Take the line that contains "result ≡ option_and_then" as the first line and the last line of the records as the end. Please set down everything in that range exactly.

# # #

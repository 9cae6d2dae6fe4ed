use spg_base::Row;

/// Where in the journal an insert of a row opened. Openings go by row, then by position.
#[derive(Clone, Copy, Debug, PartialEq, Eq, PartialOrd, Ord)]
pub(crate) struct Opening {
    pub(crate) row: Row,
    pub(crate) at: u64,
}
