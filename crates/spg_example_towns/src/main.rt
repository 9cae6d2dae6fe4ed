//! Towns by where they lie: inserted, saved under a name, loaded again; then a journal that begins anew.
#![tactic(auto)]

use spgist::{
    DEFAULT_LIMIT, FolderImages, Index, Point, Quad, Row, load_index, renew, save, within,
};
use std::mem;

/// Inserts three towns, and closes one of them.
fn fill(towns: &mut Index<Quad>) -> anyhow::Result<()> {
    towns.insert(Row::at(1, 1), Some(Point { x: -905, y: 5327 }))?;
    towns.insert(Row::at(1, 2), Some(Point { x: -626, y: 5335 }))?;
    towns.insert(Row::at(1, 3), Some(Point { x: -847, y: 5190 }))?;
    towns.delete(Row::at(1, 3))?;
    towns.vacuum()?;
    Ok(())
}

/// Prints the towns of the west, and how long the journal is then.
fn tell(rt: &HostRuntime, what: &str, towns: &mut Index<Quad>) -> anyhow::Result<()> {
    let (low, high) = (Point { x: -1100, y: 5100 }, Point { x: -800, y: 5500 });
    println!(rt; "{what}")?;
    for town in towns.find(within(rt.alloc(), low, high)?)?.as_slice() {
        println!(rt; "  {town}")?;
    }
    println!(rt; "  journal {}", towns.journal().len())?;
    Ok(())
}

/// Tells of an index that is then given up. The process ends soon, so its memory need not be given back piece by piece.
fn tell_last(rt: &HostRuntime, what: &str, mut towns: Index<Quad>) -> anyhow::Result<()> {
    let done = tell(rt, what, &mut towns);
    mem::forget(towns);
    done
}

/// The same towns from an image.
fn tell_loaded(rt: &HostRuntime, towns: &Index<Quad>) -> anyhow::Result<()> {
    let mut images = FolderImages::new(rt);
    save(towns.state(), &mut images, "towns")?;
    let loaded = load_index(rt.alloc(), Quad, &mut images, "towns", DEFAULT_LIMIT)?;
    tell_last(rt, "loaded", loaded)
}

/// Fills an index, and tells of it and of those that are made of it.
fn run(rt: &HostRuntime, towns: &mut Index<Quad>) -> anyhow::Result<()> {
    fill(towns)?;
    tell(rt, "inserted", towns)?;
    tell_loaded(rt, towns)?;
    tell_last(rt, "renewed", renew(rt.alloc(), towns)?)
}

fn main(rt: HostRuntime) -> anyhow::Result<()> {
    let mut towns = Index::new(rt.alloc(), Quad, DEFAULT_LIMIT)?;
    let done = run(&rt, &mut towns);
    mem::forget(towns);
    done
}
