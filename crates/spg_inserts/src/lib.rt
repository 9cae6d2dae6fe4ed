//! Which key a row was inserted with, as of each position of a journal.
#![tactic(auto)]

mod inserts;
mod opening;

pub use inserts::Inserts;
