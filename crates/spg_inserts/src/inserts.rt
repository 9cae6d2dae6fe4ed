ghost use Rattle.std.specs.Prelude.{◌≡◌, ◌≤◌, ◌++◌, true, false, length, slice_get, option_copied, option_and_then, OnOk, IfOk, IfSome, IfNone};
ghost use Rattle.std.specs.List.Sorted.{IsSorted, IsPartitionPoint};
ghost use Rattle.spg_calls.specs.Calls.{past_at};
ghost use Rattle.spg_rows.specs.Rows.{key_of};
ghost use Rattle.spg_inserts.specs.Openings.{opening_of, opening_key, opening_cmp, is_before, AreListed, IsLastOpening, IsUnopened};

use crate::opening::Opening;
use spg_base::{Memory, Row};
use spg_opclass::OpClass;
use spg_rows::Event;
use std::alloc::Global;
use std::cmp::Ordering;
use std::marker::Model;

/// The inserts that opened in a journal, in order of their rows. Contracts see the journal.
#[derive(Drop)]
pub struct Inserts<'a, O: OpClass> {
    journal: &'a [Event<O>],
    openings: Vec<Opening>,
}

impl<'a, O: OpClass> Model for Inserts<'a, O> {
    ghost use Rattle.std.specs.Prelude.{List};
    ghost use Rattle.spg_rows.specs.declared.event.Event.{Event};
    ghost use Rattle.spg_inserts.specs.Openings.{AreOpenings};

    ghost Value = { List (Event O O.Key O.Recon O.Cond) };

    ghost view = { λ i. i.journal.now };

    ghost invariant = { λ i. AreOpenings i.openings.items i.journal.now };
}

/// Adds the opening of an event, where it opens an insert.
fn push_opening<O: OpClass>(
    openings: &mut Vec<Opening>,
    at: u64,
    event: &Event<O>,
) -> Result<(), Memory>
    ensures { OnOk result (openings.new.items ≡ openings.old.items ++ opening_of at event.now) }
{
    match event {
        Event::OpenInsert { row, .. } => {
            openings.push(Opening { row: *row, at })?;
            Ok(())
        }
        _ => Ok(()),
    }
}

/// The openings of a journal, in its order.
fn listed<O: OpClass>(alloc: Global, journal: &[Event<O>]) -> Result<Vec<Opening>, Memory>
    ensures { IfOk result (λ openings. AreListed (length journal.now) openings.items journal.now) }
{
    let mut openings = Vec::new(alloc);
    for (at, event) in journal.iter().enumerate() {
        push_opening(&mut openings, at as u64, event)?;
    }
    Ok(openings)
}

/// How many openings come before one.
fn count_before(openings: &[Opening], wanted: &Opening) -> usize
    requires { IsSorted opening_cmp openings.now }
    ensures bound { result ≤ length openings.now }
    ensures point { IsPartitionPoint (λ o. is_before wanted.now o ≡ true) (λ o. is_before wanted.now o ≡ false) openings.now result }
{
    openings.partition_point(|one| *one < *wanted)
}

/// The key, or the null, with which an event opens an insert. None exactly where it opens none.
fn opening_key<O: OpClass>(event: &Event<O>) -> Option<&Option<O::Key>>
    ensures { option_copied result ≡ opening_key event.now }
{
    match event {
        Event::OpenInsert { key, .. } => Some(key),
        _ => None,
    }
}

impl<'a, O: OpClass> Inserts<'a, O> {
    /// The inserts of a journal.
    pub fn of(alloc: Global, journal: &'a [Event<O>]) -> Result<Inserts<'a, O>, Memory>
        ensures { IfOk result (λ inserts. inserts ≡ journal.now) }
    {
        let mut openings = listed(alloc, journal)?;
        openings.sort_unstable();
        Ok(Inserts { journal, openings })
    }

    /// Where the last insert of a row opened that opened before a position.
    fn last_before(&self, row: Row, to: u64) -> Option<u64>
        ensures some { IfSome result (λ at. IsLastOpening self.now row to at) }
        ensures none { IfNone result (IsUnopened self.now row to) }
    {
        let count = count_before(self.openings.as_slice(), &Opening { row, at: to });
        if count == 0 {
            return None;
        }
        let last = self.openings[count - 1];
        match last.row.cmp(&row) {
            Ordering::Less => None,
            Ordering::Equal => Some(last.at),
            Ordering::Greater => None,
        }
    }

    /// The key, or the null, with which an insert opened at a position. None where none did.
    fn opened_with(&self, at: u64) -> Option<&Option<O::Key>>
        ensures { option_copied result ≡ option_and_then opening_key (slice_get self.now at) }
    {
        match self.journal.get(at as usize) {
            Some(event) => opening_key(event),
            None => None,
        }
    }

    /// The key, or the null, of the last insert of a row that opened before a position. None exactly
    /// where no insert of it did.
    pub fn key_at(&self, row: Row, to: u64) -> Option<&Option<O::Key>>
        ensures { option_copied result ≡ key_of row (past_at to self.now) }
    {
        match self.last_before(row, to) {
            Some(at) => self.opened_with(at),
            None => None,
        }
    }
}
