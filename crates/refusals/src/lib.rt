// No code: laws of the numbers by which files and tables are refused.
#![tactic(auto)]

# # #

§ **OUTPUT FOR THIS EXERCISE**
        ensures { option_copied result ≡ option_and_then opening_key (slice_get self.now at) }
    {
        match self.journal.get(at as usize) {
            Some(event) => opening_key(event),
            None => None,
        }
    }

    /// The key, or the null, of the last insert of a row that opened before a position. None exactly
    /// where no insert of it did.
    pub fn key_at(&self, row: Row, to: u64) -> Option<&Option<O::Key>>
        ensures { option_copied result ≡ key_of row (past_at to self.now) }
    {
        match self.last_before(row, to) {
            Some(at) => self.opened_with(at),
            None => None,
        }
    }
}
filename crates/refusals/src/lib.rt
// No code: laws of the numbers by which files and tables are refused.
#![tactic(auto)]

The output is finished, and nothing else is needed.